祭りという事もあり出店もたくさん出ている。
「フツバさん、私はさっきの試合を見ていて思ったのですがあのソウジロウという方相当強くないですか?メルティさんは前回の四位それを少しは怪我をしていたとはいえあの倒し方……」
「何?もしかしてアトラ、フツバが二回戦であの人に負けるとか考えちゃってる訳?大丈夫に、」
「いや、結構ヤバいよあの人」
フツバが落ち着いた声でそう断言する。
「え、でもバンにも勝てた訳だし」
ライラはフツバがバンに勝てた事でフツバの残す敵はメンドゥーサのみとなっていた。
「正直言ってあの人はバンといい勝負してると思う。ちょっと気合入れてかなきゃな」
フツバの試合を見る前と見た後の態度では明らかに変わっている。
フツバもソウジロウを少し甘く見定めていたようだ。
「その言い方はまるで俺には気合を入れないように聞こえるんだけど?」
三人の後ろから聞き覚えのあるダルそうな声。
「なんだ?着けてたの?エッチねぇアンタ」
フツバが後ろを振り向き茶化した態度で接する。
「お前には万全の状態で来てもらわないと困るんだよ。お前を一回倒すだけで俺の強さが証明される。一番ダルくない方法だからな」
これだけ強気に語られてもフツバの態度は変わらない。
「まぁまぁ、ダルいとか言わずに楽しみましょうよ。そんな気張ってないで。君こそ本気で来た方がいいよ」
フツバの横の二人はフツバよりも殺気がバチバチだ。
クトゥルは二人を見た後フツバの方を見て一度鼻で笑う。
「何?俺の顔そんな面白い?一応変顔してるつもりはないんだけど」
「いや、そんな女二人を連れているなんて甘ったれた心だと思っただけだ」
より二人の視線が鋭くなるがあの十空の前で煽ることのできるクトゥルからすればこんなのはなんでもない。

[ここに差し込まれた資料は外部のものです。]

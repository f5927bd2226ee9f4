//! What stands in a bundle.
ghost use Rattle.std.specs.Prelude.{◌≡◌, ◌≤◌, length};
ghost use Rattle.sfi_formats.specs.Limits.{bundle_size};
ghost use Rattle.sfi_rewrite.specs.Expansion.{slot_size, size_of, c_nop};

use rv_comp::Form16;
use rv_word::{Instr, Reg};

/// What stands in a bundle: an instruction that is known whole, or one that waits for the address
/// of a name. `name` is the number of a name among those of its sandbox, counted from 0, and `line`
/// is that of the source, from 1.
#[derive(Clone, Copy)]
pub enum BundleSlot {
    /// A 32-bit instruction.
    Wide(Instr),
    /// A 16-bit form.
    Short(Form16),
    /// A jal or a branch to the name. Its offset is 0 until the name has an address.
    Jump {
        instr: Instr,
        name: usize,
        line: u32,
    },
    /// The lui of the name's address; in a movable sandbox, of how far it is from its region's
    /// base.
    Upper {
        rd: Reg,
        name: usize,
        line: u32,
    },
    /// The addi to `rd` of the address's lower 12 bits, after its lui.
    Lower {
        rd: Reg,
        name: usize,
        line: u32,
    },
    /// The add to `rd` of the base of the region in which the name's address lies.
    Region {
        rd: Reg,
        name: usize,
        line: u32,
    },
}

impl BundleSlot {
    /// How many bytes it takes: 2 or 4.
    pub fn size(&self) -> usize
        ensures { result ≡ slot_size self.now }
    {
        match self {
            BundleSlot::Short(_) => 2,
            BundleSlot::Wide(_)
            | BundleSlot::Jump { .. }
            | BundleSlot::Upper { .. }
            | BundleSlot::Lower { .. }
            | BundleSlot::Region { .. } => 4,
        }
    }
}

/// c.nop, which fills the gaps before expansions.
impl Default for BundleSlot {
    fn default() -> BundleSlot
        ensures { result ≡ c_nop }
    {
        BundleSlot::Short(Form16::CAddi {
            rd: Reg::numbered(0),
            imm: 0,
        })
    }
}

/// How many bytes these slots take together.
pub(crate) fn size_of(slots: &[BundleSlot]) -> usize
    requires { length slots.now ≤ bundle_size }
    ensures { result ≡ size_of slots.now }
{
    let mut size = 0;
    for slot in slots {
        size += slot.size();
    }
    size
}
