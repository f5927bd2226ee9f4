//! What the rewriter asks of an item of the source.
ghost use Rattle.std.specs.Prelude.{◌≡◌, IfOk, IfErr};
ghost use Rattle.sfi_rewrite.specs.Expansion.{is_withheld, names_withheld, item_names_withheld, is_ecall};
ghost use Rattle.sfi_rewrite.specs.Expansion.{is_call};
ghost use Rattle.sfi_rewrite.specs.Expansion.{is_stack_write};
ghost use Rattle.sfi_rewrite.specs.Rewriting.{is_barred_jump, IsPermitted, HasItemFault};

use crate::fault::RewriteFault;
use crate::words::ADDRESS_REGISTER;
use rv_word::{Instr, Reg};
use sfi_formats::{CODE_REGISTER, Format, OFFSET_REGISTER};
use sfi_pairs::{is_data_register, is_reserved};
use sfi_source::{Body, Item};

/// Whether a source of the format may not name the register: it holds the base or mask of a region,
/// or the format's expansions write it. `is_withheld` of specs/Expansion is the same.
fn is_withheld_in(format: Format, register: Reg) -> bool
    ensures { result ≡ is_withheld format register }
{
    if format.has_words() {
        is_reserved(register)
            || matches!(
                register.number(),
                ADDRESS_REGISTER | CODE_REGISTER | OFFSET_REGISTER
            )
    } else {
        sfi_pairs::is_withheld(register)
    }
}

/// Whether one of the instruction's register operands is withheld from a source of the format, also
/// one that the instruction doesn't use, as a fence's.
fn names_withheld(format: Format, instr: &Instr) -> bool
    ensures { result ≡ names_withheld format instr.now }
{
    match *instr {
        Instr::Op { rd, rs1, rs2, .. } => is_withheld_in(format, rd)
            || is_withheld_in(format, rs1)
            || is_withheld_in(format, rs2),
        Instr::OpImm { rd, rs1, .. } => is_withheld_in(format, rd) || is_withheld_in(format, rs1),
        Instr::Load { rd, rs1, .. } => is_withheld_in(format, rd) || is_withheld_in(format, rs1),
        Instr::Store { rs1, rs2, .. } => is_withheld_in(format, rs1) || is_withheld_in(format, rs2),
        Instr::Branch { rs1, rs2, .. } => is_withheld_in(format, rs1)
            || is_withheld_in(format, rs2),
        Instr::Jal { rd, .. } => is_withheld_in(format, rd),
        Instr::Jalr { rd, rs1, .. } => is_withheld_in(format, rd) || is_withheld_in(format, rs1),
        Instr::Lui { rd, .. } => is_withheld_in(format, rd),
        Instr::Auipc { rd, .. } => is_withheld_in(format, rd),
        Instr::Fence { rd, rs1, .. } => is_withheld_in(format, rd) || is_withheld_in(format, rs1),
        Instr::Ecall => false,
        Instr::Ebreak => false,
    }
}

/// `names_withheld` for an item's body.
fn item_names_withheld(format: Format, body: &Body) -> bool
    ensures { result ≡ item_names_withheld format body.now }
{
    match body {
        Body::Plain(instr) => names_withheld(format, instr),
        Body::To(instr, _) => names_withheld(format, instr),
        Body::High(rd, _) => is_withheld_in(format, *rd),
        Body::Low(rd, _) => is_withheld_in(format, *rd),
        Body::Base(rd, _) => is_withheld_in(format, *rd),
    }
}

/// Whether the item is an `ecall`.
fn is_ecall_item(body: &Body) -> bool
    ensures { result ≡ is_ecall body.now }
{
    matches!(body, Body::Plain(Instr::Ecall))
}

/// Whether the item is a jal or jalr that writes a register other than x0: a return address, so
/// that in code in bundles it has to end its bundle.
pub(crate) fn is_call(body: &Body) -> bool
    ensures { result ≡ is_call body.now }
{
    match body {
        Body::Plain(Instr::Jalr { rd, .. }) => rd.number() != 0,
        Body::To(Instr::Jal { rd, .. }, _) => rd.number() != 0,
        _ => false,
    }
}

/// Whether the item is a jump that writes the stack pointer, or a load into it on another register:
/// what can't stand before the pair that puts the stack pointer back into the data region.
fn is_barred_stack_write(format: Format, body: &Body) -> bool
    ensures { result ≡ is_stack_write format body.now }
{
    match body {
        Body::Plain(Instr::Load { rd, rs1, .. }) => format.is_stack(rd.number())
            && !format.is_stack(rs1.number()),
        Body::Plain(Instr::Jal { rd, .. } | Instr::Jalr { rd, .. }) => {
            format.is_stack(rd.number())
        }
        Body::To(Instr::Jal { rd, .. }, _) => format.is_stack(rd.number()),
        _ => false,
    }
}

/// Whether the item is a jump of code in words that has no expansion: one that writes a data
/// register, or a jalr with an offset.
fn is_barred_jump(format: Format, body: &Body) -> bool
    ensures { result ≡ is_barred_jump format body.now }
{
    if !format.has_words() {
        return false;
    }
    match body {
        Body::Plain(Instr::Jalr { rd, imm, .. }) => is_data_register(*rd) || *imm != 0,
        Body::Plain(Instr::Jal { rd, .. }) | Body::To(Instr::Jal { rd, .. }, _) => {
            is_data_register(*rd)
        }
        _ => false,
    }
}

/// `Ok` where the item may have an expansion; else its fault, the first in this order of the four
/// that don't depend on its place. `HasItemFault` of specs/Rewriting has the same order.
pub(crate) fn permit(format: Format, item: &Item) -> Result<(), RewriteFault>
    ensures permitted { IfOk result (λ _. IsPermitted format item.now) }
    ensures refused { IfErr result (HasItemFault format item.now) }
{
    if item_names_withheld(format, &item.body) {
        return Err(RewriteFault::ReservedRegister { line: item.line });
    }
    if is_ecall_item(&item.body) {
        return Err(RewriteFault::Ecall { line: item.line });
    }
    if is_barred_stack_write(format, &item.body) {
        return Err(RewriteFault::StackWrite { line: item.line });
    }
    if is_barred_jump(format, &item.body) {
        return Err(RewriteFault::Jump { line: item.line });
    }
    Ok(())
}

そんな二人の態度とは反対に表情を微笑んだ状態から変えないフツバ。
「ま、明日明日。今どうこう言い合ったって何にもならんしね。ね、霊装楽しみにしてるよ!じゃね。青年」
フツバはこれといって緊張感を見せない。
これ以上言うことのないクトゥルは追うことはしない。
「なんでフツバあんなこと言われてんのに怒んないのよ⁉︎」
「そうですよ⁉︎」
女性二人からさっきの態度のことを怒られる。
「ん〜。まぁ、そんなことは置いといてさ、思わなかった?」
フツバが答えをぼかし話を切り替える。
二人の意識もフツバの話の入りに向く。
「何がよ?」
「え、俺最後にさ、青髪のアイツに向かって『青』年って言ったんだぜ。青と青。上手くないか?」
二人からしょうもないとあしらわれる筈だったこの冗談。
「どこに青がはいってんのよ?」
「はい?」
嘘とか冗談とかそんなのではなく聞いている真剣な顔。
「だって青髪とセイネンでしょ。セイネンの方のどこに青が入ってんのよ」
「あそっか。やっぱ何でもない」
「え、どこに?」
「もう、いいって言ってんだろ!」
「ねぇ、どこどこどこどこ?」
「うっさい!」
「フツバさん、どこに入ってるんですか」
まるでフツバが間違った事を言ったかのようなこの二人の態度は気に入らないが仕方のない事だ。
「普通に萎えたわ」
久しぶりのこの言葉の壁に明日までテンションが下がるフツバだった。